Dark web site operators and users want to stay anonymous. This makes perfect sense in an environment where personal identities are dark commodities and lucrative trade. Data breaches exposed 36 billion records in the first half of 2020 and personal data was a factor in over 58% of data breaches overall. This is one of the factors that underscore the need for extra visibility into the dark web for corporations to look for and monitor for their own risks.
What's different on the Dark Web?
The surface web and mainstream social platforms tend to take a divide and conquer approach. Depending on where you live, the language you speak, as well as your personal preferences, the surface web has been made more adaptive to give you something very specific and unique to you. Social platforms like Twitter behave in much the same way, focusing your attention on regional or affinity-based content and trends.
The dark web is an entirely different beast for threat researchers to tackle. Site operators and users go out of their way to conceal or misdirect their identity, especially if their actions are illegal. Tracing the identities of the most high-profile bad actors on the dark web often require international operations involving multiple nations.
Americans and Russians connect more often
The TOR browser is used all over the world to access special dark web .onion domains. Each connection to the dark web involves a series of relays before ultimately accessing the intended .onion domain. This allows users to stay a few steps removed from the site, and thereby anonymous to the site owner.
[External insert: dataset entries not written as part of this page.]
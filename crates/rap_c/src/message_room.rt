//! The caller's room for messages and their bytes.
ghost use Rattle.std.specs.Prelude.{◌≡◌, ℕ, ◌-◌, List, length, min};
ghost use Rattle.rap_c.specs.Lays.{EndsRanges, PutsNote, ends_at, message_room};

use crate::element::RapMessage;
use crate::filler::put_bytes;

/// How many messages and bytes of messages there have been, and how many of the first messages have their range.
/// Numbers saturate at 2^64 - 1.
#[derive(Clone, Copy)]
pub struct MessageCounts {
    pub count: usize,
    pub said: usize,
    pub ranged: usize,
}

/// Ends the messages from one place to another at this byte, as far as the room reaches.
fn end_messages(messages: &mut [RapMessage], first: usize, last: usize, end: usize)
    ensures { messages.new ≡ ends_at first (min last (length messages.old) - first) end messages.old }
{
    let limit = last.min(messages.len());
    'messages: for i in first..limit {
        let message = messages[i];
        messages[i] = RapMessage {
            at: message.at,
            start: message.start,
            end,
            text_start: message.text_start,
            text_end: message.text_end,
        };
    }
}

impl MessageCounts {
    /// Nothing is written yet.
    pub fn new() -> MessageCounts
        ensures { result ≡ record { count = 0; said = 0; ranged = 0 } }
    {
        MessageCounts {
            count: 0,
            said: 0,
            ranged: 0,
        }
    }

    /// Adds a message at this byte, with a range.
    #[inline(never)]
    pub fn add(
        &mut self,
        messages: &mut [RapMessage],
        bytes: &mut [u8],
        text: &str,
        at: usize,
        start: usize,
        end: usize,
    )
        ensures { PutsNote text.now at start end (message_room messages.old bytes.old self.old) (message_room messages.new bytes.new self.new) }
    {
        let text_start = self.said;
        let text_end = text_start.saturating_add(text.len());
        put_bytes(bytes, text_start, text.as_bytes());
        if self.count < messages.len() {
            messages[self.count] = RapMessage {
                at,
                start,
                end,
                text_start,
                text_end,
            };
        }
        self.count = self.count.saturating_add(1);
        self.said = text_end;
    }

    /// Ends the range of each message that has none yet at this byte. Most often there is none.
    #[inline(always)]
    pub fn end_ranges(&mut self, messages: &mut [RapMessage], end: u32)
        ensures { (bytes : List ℕ) → EndsRanges end (message_room messages.old bytes self.old) (message_room messages.new bytes self.new) }
    {
        if self.ranged == self.count {
            return;
        }
        self.end_last_ranges(messages, end as usize);
    }

    /// The same in a call of its own, which takes no register from the walk.
    #[inline(never)]
    fn end_last_ranges(&mut self, messages: &mut [RapMessage], end: usize)
        ensures { (bytes : List ℕ) → EndsRanges end (message_room messages.old bytes self.old) (message_room messages.new bytes self.new) }
    {
        end_messages(messages, self.ranged, self.count, end);
        self.ranged = self.count;
    }
}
Among those who connected to TOR directly by relay in 2020, the United States accounted for the largest proportion of users (25.9%), followed by Russia (14.55%), Germany (8.02%), and the Netherlands (4.87%), according to the latest estimates from the TOR browser. The top ten countries go on to include France, Indonesia, the United Kingdom, Ukraine, India, and Canada.
Relays do not mean the traffic is completely untraceable. TOR needs to know where to direct the connections, after all. The list of relays is not secret. For people living in countries with oppressive governments, this relay information can be used to block access. Bridges are the solution to this problem. Bridges are unpublished relays that can be used to access the TOR network and this list is kept not made public.
Iran represented the highest proportion of bridge users in 2020, accounting for 26% of the estimated connections, followed by Russia (16.26%), the United States (9.13%), and China (3.5%). Other countries where bridges are used include, in order of usage, Germany, Belarus, India, Turkey, and the United Kingdom. That being said, a much smaller number of people use bridges.
All told, the United States and Russia make up the largest total population on the dark web and accounted for, respectively, 555K connections and 317K connections in 2020.
English is the unofficial language of the Dark Web
In spite of the global cast of dark web users, English makes up an uneven proportion of the content that is posted. Media Sonar analyzed a sample of 30 million pieces of data (posts or pages) from the dark web from January 1, 2020 to December 31, 2020. Focusing on the official languages of the top 5 countries by total users who connected to the TOR network in 2020, English is overused compared to other languages.
English accounts for a whopping 78% of the data available on the dark web during that time. Russian accounted for 17% of the posts we analyzed and German accounted for 4%. French and Dutch languages accounted for a combined 1% of the data. No language comes close to competing with the amount of data in English, as well as Russian, on the dark web.
A Global problem for companies
Keeping bad actors out is not working and by the time the personal data is exfiltrated, it’s often too late. For companies, the threat of the dark web is pervasive and global. Proactively assessing and monitoring exposure on the dark web is a lot easier than it once was. To understand bad actors, mitigate risks to their own networks and assets, and stay ahead of the threat landscape, companies should consider the role of the dark web in their intelligence lifecycle.